To complement these tests, drug developers are increasingly employing anatomically realistic in vitro airway models that mimic the geometry of the human nasal passages or upper respiratory tract. These models help predict regional deposition and provide valuable insights into how a given drug-device combination product will perform under real-world conditions.
Alongside performance studies, developers assess whether impurities can migrate from the container closure system or delivery device into the drug product. OINDPs are considered to be among the highest risk dosage forms for extractables and leachables (E&L), as even trace amounts of foreign compounds can pose a major risk when inhaled directly into the lungs or nasal passages. Effectively analysing E&L requires multidisciplinary expertise in materials science, analytical chemistry and toxicology, combined with advanced instruments capable of detecting and characterising impurities at very low concentrations. This robust E&L testing is critical for both patient safety and compliance with stringent regulatory guidelines.

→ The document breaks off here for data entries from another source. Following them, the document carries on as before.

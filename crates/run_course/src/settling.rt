//! Settling: entries that are legal now, until only slices are left.
ghost use Rattle.std.specs.Prelude.{◌≡◌, ◌<◌, ◌≤◌, ◌+◌, ◌⊎◌, ◌≢◌, ℕ, None, Some, OnOk, OnErr, IfOk, IfSome, IfNone, IsSome, MatchOption, true, false, nat_eq};
ghost use Rattle.std.specs.HashMap.{get};
ghost use Rattle.hs_rules.specs.Histories.{steps_of};
ghost use Rattle.hs_rules.specs.declared.entry.Entry.TheVariants as entry;
ghost use Rattle.thread_table.specs.Listing as at;
ghost use Rattle.thread_table.specs.Table.{IsAt};
ghost use Rattle.world_entries.specs.Worlds.{Goes, Starts};
ghost use Rattle.run_course.specs.declared.history.acts.Next.TheVariants as next;
ghost use Rattle.run_course.specs.history.Records.{IsAccepted, IsNext, Same, Appended};
ghost use Rattle.run_course.specs.clocked.Clocks.{work, Looked};
ghost use Rattle.run_course.specs.declared.ends.RunEnd.TheVariants as end;
ghost use Rattle.run_course.specs.Endings.{EndsBy, IsConcluded, IsOpen};
ghost use Rattle.run_course.specs.Settled.{Accepted, Begins, GoesBy, GoesOn, IsAtRest, KeepsPlan, OnlyGoes};

use crate::course::Course;
use crate::ends::RunEnd;
use crate::history::{Next, NextEntry, Record};
use frame_stack::Slice;
use hs_base::NoMemory;
use hs_io::{Clock, Sink};
use hs_rules::{Entry, LimitKind};
use std::collections::HashMap;

/// The ending that holds, by what can be done next.
fn ending_of(run: &Record, next: Next) -> Option<RunEnd>
    requires { IsNext next run.now }
    ensures { MatchOption result (IsOpen run.now × GoesBy next) (λ ended. EndsBy ended run.now) }
{
    match next {
        Next::Over(true) => Some(RunEnd::Done),
        Next::Over(false) => Some(RunEnd::Uncaught),
        Next::Stuck => Some(RunEnd::Deadlock),
        Next::Act(_) => spent(run),
        Next::Goes => spent(run),
        Next::Sleeps(_) => spent(run),
    }
}

/// The ending of a run that could go on.
fn spent(run: &Record) -> Option<RunEnd>
    ensures { MatchOption result (steps_of run.now.history.list < run.now.fuel) (λ ended. (ended ≡ end.Fuel) × (run.now.fuel ≤ steps_of run.now.history.list)) }
{
    if run.out_of_fuel() {
        Some(RunEnd::Fuel)
    } else {
        None
    }
}

impl<O: Sink, E: Sink, K: Clock> Course<O, E, K> {
    /// Appends entries until there is an ending, or nothing is legal but Ticks and local rules of threads that are to do an
    /// action, and there is such a thread. Where memory runs out the ending is Memory.
    pub fn settle(&mut self) -> Result<(), NoMemory>
        ensures settled { OnOk result (IsAtRest self.new.end self.new.clocked.record) }
        ensures memory { OnOk result (self.new.end ≡ Some end.Memory → self.old.end ≡ Some end.Memory) }
        ensures err { OnErr result ((self.old.end ≡ None) × (self.new.end ≡ Some end.Memory)) }
        ensures goes { GoesOn self.old.end self.old.clocked.record.history.list self.new.end self.new.clocked.record.history.list }
        ensures plan { KeepsPlan self.old.clocked.record self.new.clocked.record }
        ensures lent { (self.new.out_lent ≡ self.old.out_lent) × (self.new.err_lent ≡ self.old.err_lent) × (self.new.clocked.lent ≡ self.old.clocked.lent) }
        ensures over { IsSome self.old.end → (self.new.out ≡ self.old.out) × (self.new.err ≡ self.old.err) × (self.new.clocked.clock ≡ self.old.clocked.clock) }
    {
        let settled = self.settle_on();
        if settled.is_err() {
            self.give_up();
        }
        settled
    }

    /// The same, but that want of memory is left to the caller.
    fn settle_on(&mut self) -> Result<(), NoMemory>
        ensures settled { OnOk result (IsAtRest self.new.end self.new.clocked.record) }
        ensures memory { OnOk result (self.new.end ≡ Some end.Memory → self.old.end ≡ Some end.Memory) }
        ensures err { OnErr result ((self.old.end ≡ None) × (self.new.end ≡ None)) }
        ensures goes { GoesOn self.old.end self.old.clocked.record.history.list self.new.end self.new.clocked.record.history.list }
        ensures plan { KeepsPlan self.old.clocked.record self.new.clocked.record }
        ensures lent { (self.new.out_lent ≡ self.old.out_lent) × (self.new.err_lent ≡ self.old.err_lent) × (self.new.clocked.lent ≡ self.old.clocked.lent) }
        ensures over { IsSome self.old.end → (self.new.out ≡ self.old.out) × (self.new.err ≡ self.old.err) × (self.new.clocked.clock ≡ self.old.clocked.clock) }
    {
        let mut read = false;
        let mut rests = false;
        while !rests && self.end.is_none() {
            rests = self.turn(&mut read)?;
        }
        Ok(())
    }

    /// What is next: the ending that holds, or one entry. Answers whether nothing is left but slices.
    fn turn(&mut self, read: &mut bool) -> Result<bool, NoMemory>
        requires none { self.old.end ≡ None }
        ensures rests { IfOk result (λ rests. rests ≡ true → (self.new.end ≡ None) × OnlyGoes self.new.clocked.record × IsOpen self.new.clocked.record) }
        ensures more { IfOk result (λ rests. rests ≡ false → IsSome self.new.end ⊎ (steps_of self.old.clocked.record.history.list < steps_of self.new.clocked.record.history.list)) }
        ensures memory { OnOk result (self.new.end ≢ Some end.Memory) }
        ensures err { OnErr result (self.new.end ≡ None) }
        ensures begins { Begins self.old.clocked.record.history.list self.new.clocked.record.history.list }
        ensures plan { KeepsPlan self.old.clocked.record self.new.clocked.record }
        ensures lent { (self.new.out_lent ≡ self.old.out_lent) × (self.new.err_lent ≡ self.old.err_lent) × (self.new.clocked.lent ≡ self.old.clocked.lent) }
    {
        let next = self.clocked.next();
        if self.ends(next) {
            return Ok(false);
        }
        match next {
            Next::Act(act) => self.look_and_act(act, read),
            Next::Goes => {
                let ticked = self.look(None, read)?;
                Ok(!ticked)
            }
            Next::Sleeps(due) => {
                self.sleep(due)?;
                Ok(false)
            }
            Next::Over(_) | Next::Stuck => unreachable!(),
        }
    }

    /// Whether an ending holds, by what can be done next; it is set.
    fn ends(&mut self, next: Next) -> bool
        requires none { self.old.end ≡ None }
        requires next { IsNext next self.old.clocked.record }
        ensures concluded { IsConcluded self.new.end self.new.clocked.record }
        ensures ends { result ≡ true → IsSome self.new.end }
        ensures goes { result ≡ false → (self.new.end ≡ None) × GoesBy next }
        ensures clocked { self.new.clocked ≡ self.old.clocked }
        ensures lent { (self.new.out_lent ≡ self.old.out_lent) × (self.new.err_lent ≡ self.old.err_lent) }
        ensures kept { (self.new.out ≡ self.old.out) × (self.new.err ≡ self.old.err) }
    {
        match ending_of(&self.clocked.record, next) {
            Some(end) => {
                self.end = Some(end);
                true
            }
            None => false,
        }
    }

    /// Sets the ending that holds, if any.
    pub fn conclude(&mut self)
        requires none { self.old.end ≡ None }
        ensures concluded { IsConcluded self.new.end self.new.clocked.record }
        ensures same { Same self.old.clocked.record self.new.clocked.record }
        ensures lent { (self.new.out_lent ≡ self.old.out_lent) × (self.new.err_lent ≡ self.old.err_lent) × (self.new.clocked.lent ≡ self.old.clocked.lent) }
        ensures kept { (self.new.out ≡ self.old.out) × (self.new.err ≡ self.old.err) × (self.new.clocked.clock ≡ self.old.clocked.clock) }
    {
        let next = self.clocked.next();
        let _ = self.ends(next);
    }

    /// An act, unless the clock has gone on, which is entered then.
    fn look_and_act(&mut self, act: NextEntry, read: &mut bool) -> Result<bool, NoMemory>
        requires none { self.old.end ≡ None }
        requires next { IsNext (next.Act act) self.old.clocked.record }
        requires fuel { steps_of self.old.clocked.record.history.list < self.old.clocked.record.fuel }
        ensures ok { IfOk result (λ rests. (rests ≡ false) × (IsSome self.new.end ⊎ (steps_of self.old.clocked.record.history.list < steps_of self.new.clocked.record.history.list))) }
        ensures memory { OnOk result (self.new.end ≢ Some end.Memory) }
        ensures err { OnErr result (self.new.end ≡ None) }
        ensures begins { Begins self.old.clocked.record.history.list self.new.clocked.record.history.list }
        ensures plan { KeepsPlan self.old.clocked.record self.new.clocked.record }
        ensures lent { (self.new.out_lent ≡ self.old.out_lent) × (self.new.err_lent ≡ self.old.err_lent) × (self.new.clocked.lent ≡ self.old.clocked.lent) }
    {
        if !self.look(Some(act), read)? {
            self.act(act)?;
        }
        Ok(false)
    }

    /// Reads the clock where other work is next; answers whether a Tick was entered.
    fn look(&mut self, act: Option<NextEntry>, read: &mut bool) -> Result<bool, NoMemory>
        requires none { self.old.end ≡ None }
        requires next { IsNext (work act) self.old.clocked.record }
        requires fuel { steps_of self.old.clocked.record.history.list < self.old.clocked.record.fuel }
        ensures ok { IfOk result (λ ticked. Looked ticked self.old.clocked.record self.new.clocked.record) }
        ensures err { OnErr result (Same self.old.clocked.record self.new.clocked.record) }
        ensures end { self.new.end ≡ None }
        ensures lent { (self.new.out_lent ≡ self.old.out_lent) × (self.new.err_lent ≡ self.old.err_lent) × (self.new.clocked.lent ≡ self.old.clocked.lent) }
    {
        self.clocked.look(act, read)
    }

    /// Waits until the first sleeper may wake, and enters the next reading.
    fn sleep(&mut self, due: u64) -> Result<(), NoMemory>
        requires none { self.old.end ≡ None }
        requires next { IsNext (next.Sleeps due) self.old.clocked.record }
        requires fuel { steps_of self.old.clocked.record.history.list < self.old.clocked.record.fuel }
        ensures ok { OnOk result ((at : ℕ) × Appended (entry.Tick at) self.old.clocked.record self.new.clocked.record) }
        ensures err { OnErr result (Same self.old.clocked.record self.new.clocked.record) }
        ensures end { self.new.end ≡ None }
        ensures lent { (self.new.out_lent ≡ self.old.out_lent) × (self.new.err_lent ≡ self.old.err_lent) × (self.new.clocked.lent ≡ self.old.clocked.lent) }
    {
        self.clocked.sleep(due)
    }

    /// Appends the local rules of a slice that starts where its thread stands, and sets the ending that then holds; or sets the
    /// ending where they would exceed the limit of frames. The slice is dropped.
    pub fn accept(&mut self, slice: Slice) -> Result<(), NoMemory>
        requires none { self.old.end ≡ None }
        requires goes { Goes self.old.clocked.record.world }
        requires code { slice.of.value ≡ self.old.clocked.record.of.value }
        requires starts { Starts slice self.old.clocked.record.world }
        requires fuel { steps_of self.old.clocked.record.history.list + slice.steps ≤ self.old.clocked.record.fuel }
        ensures ok { OnOk result (Accepted slice self.new.end self.old.clocked.record self.new.clocked.record) }
        ensures err { OnErr result (Same self.old.clocked.record self.new.clocked.record × (self.new.end ≡ None)) }
        ensures lent { (self.new.out_lent ≡ self.old.out_lent) × (self.new.err_lent ≡ self.old.err_lent) × (self.new.clocked.lent ≡ self.old.clocked.lent) }
        ensures kept { (self.new.out ≡ self.old.out) × (self.new.err ≡ self.old.err) × (self.new.clocked.clock ≡ self.old.clocked.clock) }
    {
        let t = slice.tid;
        let k = slice.steps;
        match self.append(slice)? {
            Some(kind) => self.end = Some(RunEnd::Limit(kind, Entry::Local { t, k })),
            None => self.conclude(),
        }
        Ok(())
    }

    /// The same, but that the ending is left to the caller.
    fn append(&mut self, slice: Slice) -> Result<Option<LimitKind>, NoMemory>
        requires none { self.old.end ≡ None }
        requires goes { Goes self.old.clocked.record.world }
        requires code { slice.of.value ≡ self.old.clocked.record.of.value }
        requires starts { Starts slice self.old.clocked.record.world }
        requires fuel { steps_of self.old.clocked.record.history.list + slice.steps ≤ self.old.clocked.record.fuel }
        ensures ok { IfOk result (λ over. IsAccepted slice over self.old.clocked.record self.new.clocked.record) }
        ensures err { OnErr result (Same self.old.clocked.record self.new.clocked.record) }
        ensures end { self.new.end ≡ None }
        ensures lent { (self.new.out_lent ≡ self.old.out_lent) × (self.new.err_lent ≡ self.old.err_lent) × (self.new.clocked.lent ≡ self.old.clocked.lent) }
        ensures kept { (self.new.out ≡ self.old.out) × (self.new.err ≡ self.old.err) × (self.new.clocked.clock ≡ self.old.clocked.clock) }
    {
        self.clocked.accept(slice)
    }

    /// A thread of which a job may be made: it is to do an action, and `out` doesn't have it.
    pub fn next_ready(&mut self, out: &HashMap<u32, u64>) -> Option<u32>
        requires none { self.old.end ≡ None }
        ensures some { IfSome result (λ t. IsAt t at.Goes self.new.clocked.record.world.threads.list.items × (get nat_eq out.now t ≡ None)) }
        ensures none { IfNone result ((t : ℕ) → IsAt t at.Goes self.new.clocked.record.world.threads.list.items → IsSome (get nat_eq out.now t)) }
        ensures same { Same self.old.clocked.record self.new.clocked.record }
        ensures end { self.new.end ≡ None }
        ensures lent { (self.new.out_lent ≡ self.old.out_lent) × (self.new.err_lent ≡ self.old.err_lent) × (self.new.clocked.lent ≡ self.old.clocked.lent) }
        ensures kept { (self.new.out ≡ self.old.out) × (self.new.err ≡ self.old.err) × (self.new.clocked.clock ≡ self.old.clocked.clock) }
    {
        self.clocked.next_ready(out)
    }
}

“A HIGH-QUALITY CRO PARTNER CAN HELP SMOOTH THE DRUG DEVELOPMENT JOURNEY BY FINDING CREATIVE SOLUTIONS TO FORMULATION ISSUES THAT ARE REVEALED DURING RIGOROUS STRESS TESTING.”
Many drug developers find that partnering with a CRO is the most efficient way to perform these important characterisation experiments. The right CRO partner has the appropriate facilities and equipment, along with the scientific personnel to interpret the results. Beyond these practical considerations, a high-quality CRO partner can help smooth out the drug development journey by finding creative solutions to formulation issues that are revealed during rigorous stress testing. With the right CRO partner, drug developers can feel confident in their product as they move from concept to commercialisation.
CONFIDENCE WITH EVERY BREATH
OINDPs will continue to play an important role in the effective administration of therapies. They provide easy, effective and speedy means of delivering drugs locally to the respiratory system and hold promise for systemic delivery. However, good science rarely occurs in a silo. By partnering with CROs skilled in characterising and designing safe and reliable OINDPs, drug developers can be confident that their product will fulfil the promise of inhaled medicine.
REFERENCES
- “FDA Approves Nasal Spray Influenza Vaccine for Self- or Caregiver-Administration”. Press Release, FDA, Sep 2024.
- Klonoff DC, “Afrezza inhaled insulin: the fastest-acting FDA-approved insulin on the market has favorable properties”. J Diabetes Sci Technol, 2014, Vol 8(6), pp 1071–1073.
- Hanson LR, Frey WH II, “Intranasal delivery bypasses the blood-brain barrier to target therapeutic agents to the central nervous system and treat neurodegenerative disease”. BMC Neurosci, 2008, Vol 9(Suppl 3), art S5.